:: WORK REQUIRED ::
Please set down the records below exactly as they appear.

:: PROVIDED RECORDS ::
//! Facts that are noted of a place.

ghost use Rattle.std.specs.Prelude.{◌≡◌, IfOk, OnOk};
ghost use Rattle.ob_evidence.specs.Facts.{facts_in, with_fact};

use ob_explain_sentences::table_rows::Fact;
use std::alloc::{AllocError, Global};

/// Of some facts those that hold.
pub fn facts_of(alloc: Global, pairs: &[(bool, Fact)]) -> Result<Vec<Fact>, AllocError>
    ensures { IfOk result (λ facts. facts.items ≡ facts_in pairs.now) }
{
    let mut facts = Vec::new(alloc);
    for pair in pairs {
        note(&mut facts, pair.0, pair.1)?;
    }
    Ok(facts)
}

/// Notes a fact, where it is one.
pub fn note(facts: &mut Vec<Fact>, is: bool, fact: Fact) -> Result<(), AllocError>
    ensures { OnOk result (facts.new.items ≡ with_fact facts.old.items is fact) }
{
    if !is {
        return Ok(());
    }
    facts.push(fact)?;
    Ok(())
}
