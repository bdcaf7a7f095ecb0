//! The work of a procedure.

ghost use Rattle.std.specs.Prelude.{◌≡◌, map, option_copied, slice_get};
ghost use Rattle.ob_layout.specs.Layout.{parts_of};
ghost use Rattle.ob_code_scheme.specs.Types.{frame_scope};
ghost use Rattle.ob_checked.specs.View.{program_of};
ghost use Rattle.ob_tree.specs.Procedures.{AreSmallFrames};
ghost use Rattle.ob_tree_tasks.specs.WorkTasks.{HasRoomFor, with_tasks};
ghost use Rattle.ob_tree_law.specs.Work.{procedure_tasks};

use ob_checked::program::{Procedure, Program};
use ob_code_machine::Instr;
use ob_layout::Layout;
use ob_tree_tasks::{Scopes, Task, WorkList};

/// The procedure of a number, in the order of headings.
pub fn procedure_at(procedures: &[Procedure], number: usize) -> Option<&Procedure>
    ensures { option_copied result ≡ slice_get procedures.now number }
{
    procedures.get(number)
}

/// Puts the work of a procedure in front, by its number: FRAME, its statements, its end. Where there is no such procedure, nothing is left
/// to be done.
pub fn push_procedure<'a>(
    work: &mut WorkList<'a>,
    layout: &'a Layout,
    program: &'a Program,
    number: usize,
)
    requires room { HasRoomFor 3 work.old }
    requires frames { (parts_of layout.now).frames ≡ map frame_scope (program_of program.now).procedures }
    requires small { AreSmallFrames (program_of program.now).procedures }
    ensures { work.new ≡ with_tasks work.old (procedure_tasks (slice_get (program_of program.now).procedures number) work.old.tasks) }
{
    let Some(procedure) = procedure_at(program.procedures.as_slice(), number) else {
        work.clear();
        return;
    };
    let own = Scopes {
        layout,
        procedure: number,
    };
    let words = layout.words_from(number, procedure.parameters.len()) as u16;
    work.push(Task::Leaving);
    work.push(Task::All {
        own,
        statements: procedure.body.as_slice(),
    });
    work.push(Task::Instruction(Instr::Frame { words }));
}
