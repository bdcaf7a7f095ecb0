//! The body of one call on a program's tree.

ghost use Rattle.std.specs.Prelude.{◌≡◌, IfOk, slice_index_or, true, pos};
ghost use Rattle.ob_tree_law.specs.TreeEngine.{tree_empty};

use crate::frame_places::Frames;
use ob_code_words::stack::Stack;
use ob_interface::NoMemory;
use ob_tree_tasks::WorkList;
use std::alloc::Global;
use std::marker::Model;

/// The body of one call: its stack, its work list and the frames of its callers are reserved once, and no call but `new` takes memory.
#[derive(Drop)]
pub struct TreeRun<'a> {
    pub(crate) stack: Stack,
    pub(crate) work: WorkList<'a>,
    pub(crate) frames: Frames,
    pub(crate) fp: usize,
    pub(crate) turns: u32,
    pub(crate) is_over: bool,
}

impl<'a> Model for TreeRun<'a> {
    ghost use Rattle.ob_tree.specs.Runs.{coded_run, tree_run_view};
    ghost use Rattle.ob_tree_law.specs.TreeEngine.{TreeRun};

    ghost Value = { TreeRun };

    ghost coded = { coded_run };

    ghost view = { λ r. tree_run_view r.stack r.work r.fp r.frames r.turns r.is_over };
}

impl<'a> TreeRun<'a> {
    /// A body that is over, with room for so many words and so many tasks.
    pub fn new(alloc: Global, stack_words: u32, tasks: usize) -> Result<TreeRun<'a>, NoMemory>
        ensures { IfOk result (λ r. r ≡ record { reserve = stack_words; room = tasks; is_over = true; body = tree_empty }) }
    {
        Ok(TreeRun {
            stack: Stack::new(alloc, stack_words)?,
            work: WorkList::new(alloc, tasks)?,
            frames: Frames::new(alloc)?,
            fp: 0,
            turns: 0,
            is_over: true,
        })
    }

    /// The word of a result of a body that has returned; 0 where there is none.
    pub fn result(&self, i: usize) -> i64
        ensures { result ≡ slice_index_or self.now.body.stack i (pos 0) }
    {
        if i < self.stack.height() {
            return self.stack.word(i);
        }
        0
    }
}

:: RESULT OF THIS EXERCISE ::
//! Facts that are noted of a place.

ghost use Rattle.std.specs.Prelude.{◌≡◌, IfOk, OnOk};
ghost use Rattle.ob_evidence.specs.Facts.{facts_in, with_fact};

use ob_explain_sentences::table_rows::Fact;
use std::alloc::{AllocError, Global};

/// Of some facts those that hold.
pub fn facts_of(alloc: Global, pairs: &[(bool, Fact)]) -> Result<Vec<Fact>, AllocError>
    ensures { IfOk result (λ facts. facts.items ≡ facts_in pairs.now) }
{
    let mut facts = Vec::new(alloc);
    for pair in pairs {
        note(&mut facts, pair.0, pair.1)?;
    }
    Ok(facts)
}

/// Notes a fact, where it is one.
pub fn note(facts: &mut Vec<Fact>, is: bool, fact: Fact) -> Result<(), AllocError>
    ensures { OnOk result (facts.new.items ≡ with_fact facts.old.items is fact) }
{
    if !is {
        return Ok(());
    }
    facts.push(fact)?;
    Ok(())
}
repository bdcaf7a7f095ecb0
//! The work of a procedure.

ghost use Rattle.std.specs.Prelude.{◌≡◌, map, option_copied, slice_get};
ghost use Rattle.ob_layout.specs.Layout.{parts_of};
ghost use Rattle.ob_code_scheme.specs.Types.{frame_scope};
ghost use Rattle.ob_checked.specs.View.{program_of};
ghost use Rattle.ob_tree.specs.Procedures.{AreSmallFrames};
ghost use Rattle.ob_tree_tasks.specs.WorkTasks.{HasRoomFor, with_tasks};
ghost use Rattle.ob_tree_law.specs.Work.{procedure_tasks};

use ob_checked::program::{Procedure, Program};
use ob_code_machine::Instr;
use ob_layout::Layout;
use ob_tree_tasks::{Scopes, Task, WorkList};

/// The procedure of a number, in the order of headings.
pub fn procedure_at(procedures: &[Procedure], number: usize) -> Option<&Procedure>
    ensures { option_copied result ≡ slice_get procedures.now number }
{
    procedures.get(number)
}

/// Puts the work of a procedure in front, by its number: FRAME, its statements, its end. Where there is no such procedure, nothing is left
/// to be done.
pub fn push_procedure<'a>(
    work: &mut WorkList<'a>,
    layout: &'a Layout,
    program: &'a Program,
    number: usize,
)
    requires room { HasRoomFor 3 work.old }
    requires frames { (parts_of layout.now).frames ≡ map frame_scope (program_of program.now).procedures }
    requires small { AreSmallFrames (program_of program.now).procedures }
    ensures { work.new ≡ with_tasks work.old (procedure_tasks (slice_get (program_of program.now).procedures number) work.old.tasks) }
{
    let Some(procedure) = procedure_at(program.procedures.as_slice(), number) else {
        work.clear();
        return;
    };
    let own = Scopes {
        layout,
        procedure: number,
    };
    let words = layout.words_from(number, procedure.parameters.len()) as u16;
    work.push(Task::Leaving);
    work.push(Task::All {
        own,
        statements: procedure.body.as_slice(),
    });
    work.push(Task::Instruction(Instr::Frame { words }));
}
repository bdcaf7a7f095ecb0
//! The body of one call on a program's tree.

ghost use Rattle.std.specs.Prelude.{◌≡◌, IfOk, slice_index_or, true, pos};
ghost use Rattle.ob_tree_law.specs.TreeEngine.{tree_empty};

use crate::frame_places::Frames;
use ob_code_words::stack::Stack;
use ob_interface::NoMemory;
use ob_tree_tasks::WorkList;
use std::alloc::Global;
use std::marker::Model;

/// The body of one call: its stack, its work list and the frames of its callers are reserved once, and no call but `new` takes memory.
#[derive(Drop)]
pub struct TreeRun<'a> {
    pub(crate) stack: Stack,
    pub(crate) work: WorkList<'a>,
    pub(crate) frames: Frames,
    pub(crate) fp: usize,
    pub(crate) turns: u32,
    pub(crate) is_over: bool,
}

impl<'a> Model for TreeRun<'a> {
    ghost use Rattle.ob_tree.specs.Runs.{coded_run, tree_run_view};
    ghost use Rattle.ob_tree_law.specs.TreeEngine.{TreeRun};

    ghost Value = { TreeRun };

    ghost coded = { coded_run };

    ghost view = { λ r. tree_run_view r.stack r.work r.fp r.frames r.turns r.is_over };
}

impl<'a> TreeRun<'a> {
    /// A body that is over, with room for so many words and so many tasks.
    pub fn new(alloc: Global, stack_words: u32, tasks: usize) -> Result<TreeRun<'a>, NoMemory>
        ensures { IfOk result (λ r. r ≡ record { reserve = stack_words; room = tasks; is_over = true; body = tree_empty }) }
    {
        Ok(TreeRun {
            stack: Stack::new(alloc, stack_words)?,
            work: WorkList::new(alloc, tasks)?,
            frames: Frames::new(alloc)?,
            fp: 0,
            turns: 0,
            is_over: true,
        })
    }

    /// The word of a result of a body that has returned; 0 where there is none.
    pub fn result(&self, i: usize) -> i64
        ensures { result ≡ slice_index_or self.now.body.stack i (pos 0) }
    {
        if i < self.stack.height() {
            return self.stack.word(i);
        }
        0
    }
}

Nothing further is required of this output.